■ **What is required**:
Your job is to reproduce all of the data exactly.

----------------------------------------

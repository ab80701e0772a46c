//! The buffer of one partial datagram.
ghost use Rattle.std.specs.Prelude.{◌≡◌, ℕ, ◌+◌, ◌<◌, ◌≤◌, List, [], ◌∷◌, length, slice_index, nat_lt, Some, IfSome, IfOk, option_map, if◌then◌else◌};
ghost use Rattle.es_base.specs.Limits.{longest_joined};
ghost use Rattle.link_rules.specs.Fragments.{Piece, datagram_from};
ghost use Rattle.es_base.specs.Udp.{head_of};
ghost use Rattle.ip_reassembly.specs.Held.{HoldsPieces, written_at};

use crate::marks::{mark, unset, unset_all};
use crate::runs::Runs;
use crate::stretch::{Stretch, placed};
use es_base::Memory;
use frame_reader::UDP_HEADER;
use std::alloc::Global;
use std::marker::Model;

/// The longest datagram that is joined, in octets (own).
pub const LONGEST_JOINED: usize = 8200;

/// Received octets of one datagram, each at its offset, with a mark for each that came.
#[derive(Drop)]
pub struct Buffer {
    /// Length of the datagram, once a piece with no more to follow came.
    total: Option<usize>,
    octets: Vec<u8>,
    marks: Vec<bool>,
    /// Places of the octets that came.
    runs: Runs,
}

impl Model for Buffer {
    ghost use Rattle.std.specs.Prelude.{◌≡◌, length};
    ghost use Rattle.es_base.specs.Limits.{longest_joined};
    ghost use Rattle.ip_reassembly.specs.Runs.{AreRuns};
    ghost use Rattle.ip_reassembly.specs.Held.{Held};
    ghost use Rattle.ip_reassembly.specs.Stretch.{held_of};

    ghost Value = { Held };

    ghost view = { λ b. held_of b.total b.octets.items b.marks.items };

    ghost invariant = { λ b. (length b.octets.items ≡ longest_joined) × (length b.marks.items ≡ longest_joined) × AreRuns b.marks.items b.runs };
}

impl Buffer {
    /// An empty buffer for 8200 octets.
    pub(crate) fn open(alloc: Global) -> Result<Buffer, Memory>
        ensures { IfOk result (λ buffer. HoldsPieces buffer []) }
    {
        let octets = zeros(alloc, LONGEST_JOINED)?;
        let marks = unset(alloc, LONGEST_JOINED)?;
        Ok(Buffer {
            total: None,
            octets,
            marks,
            runs: Runs::none(),
        })
    }

    /// A copy of this buffer and its octets.
    pub(crate) fn copy(&self, alloc: Global) -> Result<Buffer, Memory>
        ensures { IfOk result (λ copy. copy ≡ self.now) }
    {
        let octets = Vec::from_slice(alloc, &self.octets)?;
        let marks = Vec::from_slice(alloc, &self.marks)?;
        Ok(Buffer {
            total: self.total,
            octets,
            marks,
            runs: self.runs,
        })
    }

    /// A copy of the octets that came, without the places before and after them.
    pub(crate) fn stretch(&self, alloc: Global) -> Result<Stretch, Memory>
        ensures { IfOk result (λ stretch. stretch ≡ self.now) }
    {
        let reach = self.runs.reach;
        let least = self.runs.least.min(reach);
        let octets = &self.octets[least..reach];
        let marks = &self.marks[least..reach];
        Stretch::copy_of(alloc, self.total, self.runs, least, octets, marks)
    }

    /// A buffer with a stretch's octets.
    pub(crate) fn of(alloc: Global, stretch: &Stretch) -> Result<Buffer, Memory>
        ensures { IfOk result (λ buffer. buffer ≡ stretch.now) }
    {
        let octets = placed(alloc, 0, stretch.least, &stretch.octets)?;
        let marks = placed(alloc, false, stretch.least, &stretch.marks)?;
        Ok(Buffer {
            total: stretch.total,
            octets,
            marks,
            runs: stretch.runs,
        })
    }

    /// Empties the buffer.
    pub(crate) fn clear(&mut self)
        ensures { HoldsPieces self.new [] }
    {
        self.total = None;
        unset_all(&mut self.marks, self.runs.least, self.runs.reach);
        self.runs = Runs::none();
    }

    /// Adds a piece. Its octets replace earlier ones.
    pub(crate) fn join(&mut self, more: bool, offset: usize, octets: &[u8])
        requires { offset + length octets.now ≤ longest_joined }
        ensures { (pieces : List Piece) (time : ℕ) → HoldsPieces self.old pieces →
            HoldsPieces self.new (record { offset = offset; more = more; octets = octets.now; time = time } ∷ pieces) }
    {
        let end = offset + octets.len();
        self.total = total_with(self.total, more, end);
        write(&mut self.octets, offset, octets);
        self.runs = self.runs.with(&self.marks, offset, end);
        mark(&mut self.marks, offset, end);
    }

    /// Length of the datagram, if a piece of `len` octets from `offset` on completes it.
    pub(crate) fn joined_with(&self, more: bool, offset: usize, len: usize) -> Option<usize>
        requires { offset + len ≤ longest_joined }
        ensures joined { (pieces : List Piece) (piece : Piece) → HoldsPieces self.now pieces →
            piece.more ≡ more → piece.offset ≡ offset → length piece.octets ≡ len →
            result ≡ option_map length (datagram_from (piece ∷ pieces)) }
        ensures bound { IfSome result (λ total. total ≤ longest_joined) }
    {
        let end = offset + len;
        let total = total_with(self.total, more, end)?;
        let gap = self.runs.with(&self.marks, offset, end).gap;
        if gap >= total { Some(total) } else { None }
    }

    /// The first `len` octets: the datagram's, if it is complete and has this length.
    pub(crate) fn octets(&self, len: usize) -> &[u8]
        requires { len ≤ longest_joined }
        ensures { (pieces : List Piece) (datagram : List ℕ) → HoldsPieces self.now pieces →
            datagram_from pieces ≡ Some datagram → length datagram ≡ len → result.now ≡ datagram }
    {
        &self.octets[..len]
    }

    /// The first octets, as many as a UDP header has, of a datagram of `len` octets that this piece completes;
    /// zeros past its end.
    pub(crate) fn head_with(&self, offset: usize, octets: &[u8], len: usize) -> [u8; UDP_HEADER]
        ensures { (pieces : List Piece) (piece : Piece) (datagram : List ℕ) → HoldsPieces self.now pieces →
            piece.offset ≡ offset → piece.octets ≡ octets.now →
            datagram_from (piece ∷ pieces) ≡ Some datagram → length datagram ≡ len →
            result ≡ head_of datagram }
    {
        let mut head = [0; UDP_HEADER];
        for i in 0..len.min(UDP_HEADER) {
            head[i] = octet_with(&self.octets, offset, octets, i);
        }
        head
    }
}

fn zeros(alloc: Global, places: usize) -> Result<Vec<u8>, Memory>
    ensures { IfOk result (λ octets. length octets.items ≡ places) }
{
    Vec::from_elem(alloc, 0, places)
}

/// Length of the datagram after one more piece, which ends at `end`: the latest piece with no more to follow sets it.
fn total_with(total: Option<usize>, more: bool, end: usize) -> Option<usize>
    ensures { result ≡ (if more then total else Some end) }
{
    if more { total } else { Some(end) }
}

/// Writes a piece at its offset.
fn write(octets: &mut Vec<u8>, offset: usize, piece: &[u8])
    requires { offset + length piece.now ≤ length octets.old.items }
    ensures len { length octets.new.items ≡ length octets.old.items }
    ensures places { (i : ℕ) →
        slice_index octets.new.items i ≡ written_at octets.old.items offset piece.now i }
{
    octets[offset..offset + piece.len()].copy_from_slice(piece);
}

/// The octet at a place, as if a piece were written at its offset.
fn octet_with(octets: &[u8], offset: usize, piece: &[u8], place: usize) -> u8
    requires { place < length octets.now }
    ensures { result ≡ written_at octets.now offset piece.now place }
{
    if place >= offset && place - offset < piece.len() {
        piece[place - offset]
    } else {
        octets[place]
    }
}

----------------------------------------

■ **Task response**:
repository ab80701e0772a46c
//! The buffer of one partial datagram.
ghost use Rattle.std.specs.Prelude.{◌≡◌, ℕ, ◌+◌, ◌<◌, ◌≤◌, List, [], ◌∷◌, length, slice_index, nat_lt, Some, IfSome, IfOk, option_map, if◌then◌else◌};
ghost use Rattle.es_base.specs.Limits.{longest_joined};
ghost use Rattle.link_rules.specs.Fragments.{Piece, datagram_from};
ghost use Rattle.es_base.specs.Udp.{head_of};
ghost use Rattle.ip_reassembly.specs.Held.{HoldsPieces, written_at};

use crate::marks::{mark, unset, unset_all};
use crate::runs::Runs;
use crate::stretch::{Stretch, placed};
use es_base::Memory;
use frame_reader::UDP_HEADER;
use std::alloc::Global;
use std::marker::Model;

/// The longest datagram that is joined, in octets (own).
pub const LONGEST_JOINED: usize = 8200;

/// Received octets of one datagram, each at its offset, with a mark for each that came.
#[derive(Drop)]
pub struct Buffer {
    /// Length of the datagram, once a piece with no more to follow came.
    total: Option<usize>,
    octets: Vec<u8>,
    marks: Vec<bool>,
    /// Places of the octets that came.
    runs: Runs,
}

impl Model for Buffer {
    ghost use Rattle.std.specs.Prelude.{◌≡◌, length};
    ghost use Rattle.es_base.specs.Limits.{longest_joined};
    ghost use Rattle.ip_reassembly.specs.Runs.{AreRuns};
    ghost use Rattle.ip_reassembly.specs.Held.{Held};
    ghost use Rattle.ip_reassembly.specs.Stretch.{held_of};

    ghost Value = { Held };

    ghost view = { λ b. held_of b.total b.octets.items b.marks.items };

    ghost invariant = { λ b. (length b.octets.items ≡ longest_joined) × (length b.marks.items ≡ longest_joined) × AreRuns b.marks.items b.runs };
}

impl Buffer {
    /// An empty buffer for 8200 octets.
    pub(crate) fn open(alloc: Global) -> Result<Buffer, Memory>
        ensures { IfOk result (λ buffer. HoldsPieces buffer []) }
    {
        let octets = zeros(alloc, LONGEST_JOINED)?;
        let marks = unset(alloc, LONGEST_JOINED)?;
        Ok(Buffer {
            total: None,
            octets,
            marks,
            runs: Runs::none(),
        })
    }

    /// A copy of this buffer and its octets.
    pub(crate) fn copy(&self, alloc: Global) -> Result<Buffer, Memory>
        ensures { IfOk result (λ copy. copy ≡ self.now) }
    {
        let octets = Vec::from_slice(alloc, &self.octets)?;
        let marks = Vec::from_slice(alloc, &self.marks)?;
        Ok(Buffer {
            total: self.total,
            octets,
            marks,
            runs: self.runs,
        })
    }

    /// A copy of the octets that came, without the places before and after them.
    pub(crate) fn stretch(&self, alloc: Global) -> Result<Stretch, Memory>
        ensures { IfOk result (λ stretch. stretch ≡ self.now) }
    {
        let reach = self.runs.reach;
        let least = self.runs.least.min(reach);
        let octets = &self.octets[least..reach];
        let marks = &self.marks[least..reach];
        Stretch::copy_of(alloc, self.total, self.runs, least, octets, marks)
    }

    /// A buffer with a stretch's octets.
    pub(crate) fn of(alloc: Global, stretch: &Stretch) -> Result<Buffer, Memory>
        ensures { IfOk result (λ buffer. buffer ≡ stretch.now) }
    {
        let octets = placed(alloc, 0, stretch.least, &stretch.octets)?;
        let marks = placed(alloc, false, stretch.least, &stretch.marks)?;
        Ok(Buffer {
            total: stretch.total,
            octets,
            marks,
            runs: stretch.runs,
        })
    }

    /// Empties the buffer.
    pub(crate) fn clear(&mut self)
        ensures { HoldsPieces self.new [] }
    {
        self.total = None;
        unset_all(&mut self.marks, self.runs.least, self.runs.reach);
        self.runs = Runs::none();
    }

    /// Adds a piece. Its octets replace earlier ones.
    pub(crate) fn join(&mut self, more: bool, offset: usize, octets: &[u8])
        requires { offset + length octets.now ≤ longest_joined }
        ensures { (pieces : List Piece) (time : ℕ) → HoldsPieces self.old pieces →
            HoldsPieces self.new (record { offset = offset; more = more; octets = octets.now; time = time } ∷ pieces) }
    {
        let end = offset + octets.len();
        self.total = total_with(self.total, more, end);
        write(&mut self.octets, offset, octets);
        self.runs = self.runs.with(&self.marks, offset, end);
        mark(&mut self.marks, offset, end);
    }

    /// Length of the datagram, if a piece of `len` octets from `offset` on completes it.
    pub(crate) fn joined_with(&self, more: bool, offset: usize, len: usize) -> Option<usize>
        requires { offset + len ≤ longest_joined }
        ensures joined { (pieces : List Piece) (piece : Piece) → HoldsPieces self.now pieces →
            piece.more ≡ more → piece.offset ≡ offset → length piece.octets ≡ len →
            result ≡ option_map length (datagram_from (piece ∷ pieces)) }
        ensures bound { IfSome result (λ total. total ≤ longest_joined) }
    {
        let end = offset + len;
        let total = total_with(self.total, more, end)?;
        let gap = self.runs.with(&self.marks, offset, end).gap;
        if gap >= total { Some(total) } else { None }
    }

    /// The first `len` octets: the datagram's, if it is complete and has this length.
    pub(crate) fn octets(&self, len: usize) -> &[u8]
        requires { len ≤ longest_joined }
        ensures { (pieces : List Piece) (datagram : List ℕ) → HoldsPieces self.now pieces →
            datagram_from pieces ≡ Some datagram → length datagram ≡ len → result.now ≡ datagram }
    {
        &self.octets[..len]
    }

    /// The first octets, as many as a UDP header has, of a datagram of `len` octets that this piece completes;
    /// zeros past its end.
    pub(crate) fn head_with(&self, offset: usize, octets: &[u8], len: usize) -> [u8; UDP_HEADER]
        ensures { (pieces : List Piece) (piece : Piece) (datagram : List ℕ) → HoldsPieces self.now pieces →
            piece.offset ≡ offset → piece.octets ≡ octets.now →
            datagram_from (piece ∷ pieces) ≡ Some datagram → length datagram ≡ len →
            result ≡ head_of datagram }
    {
        let mut head = [0; UDP_HEADER];
        for i in 0..len.min(UDP_HEADER) {
            head[i] = octet_with(&self.octets, offset, octets, i);
        }
        head
    }
}

fn zeros(alloc: Global, places: usize) -> Result<Vec<u8>, Memory>
    ensures { IfOk result (λ octets. length octets.items ≡ places) }
{
    Vec::from_elem(alloc, 0, places)
}

/// Length of the datagram after one more piece, which ends at `end`: the latest piece with no more to follow sets it.
fn total_with(total: Option<usize>, more: bool, end: usize) -> Option<usize>
    ensures { result ≡ (if more then total else Some end) }
{
    if more { total } else { Some(end) }
}

/// Writes a piece at its offset.
fn write(octets: &mut Vec<u8>, offset: usize, piece: &[u8])
    requires { offset + length piece.now ≤ length octets.old.items }
    ensures len { length octets.new.items ≡ length octets.old.items }
    ensures places { (i : ℕ) →
        slice_index octets.new.items i ≡ written_at octets.old.items offset piece.now i }
{
    octets[offset..offset + piece.len()].copy_from_slice(piece);
}

/// The octet at a place, as if a piece were written at its offset.
fn octet_with(octets: &[u8], offset: usize, piece: &[u8], place: usize) -> u8
    requires { place < length octets.now }
    ensures { result ≡ written_at octets.now offset piece.now place }
{
    if place >= offset && place - offset < piece.len() {
        piece[place - offset]
    } else {
        octets[place]
    }
}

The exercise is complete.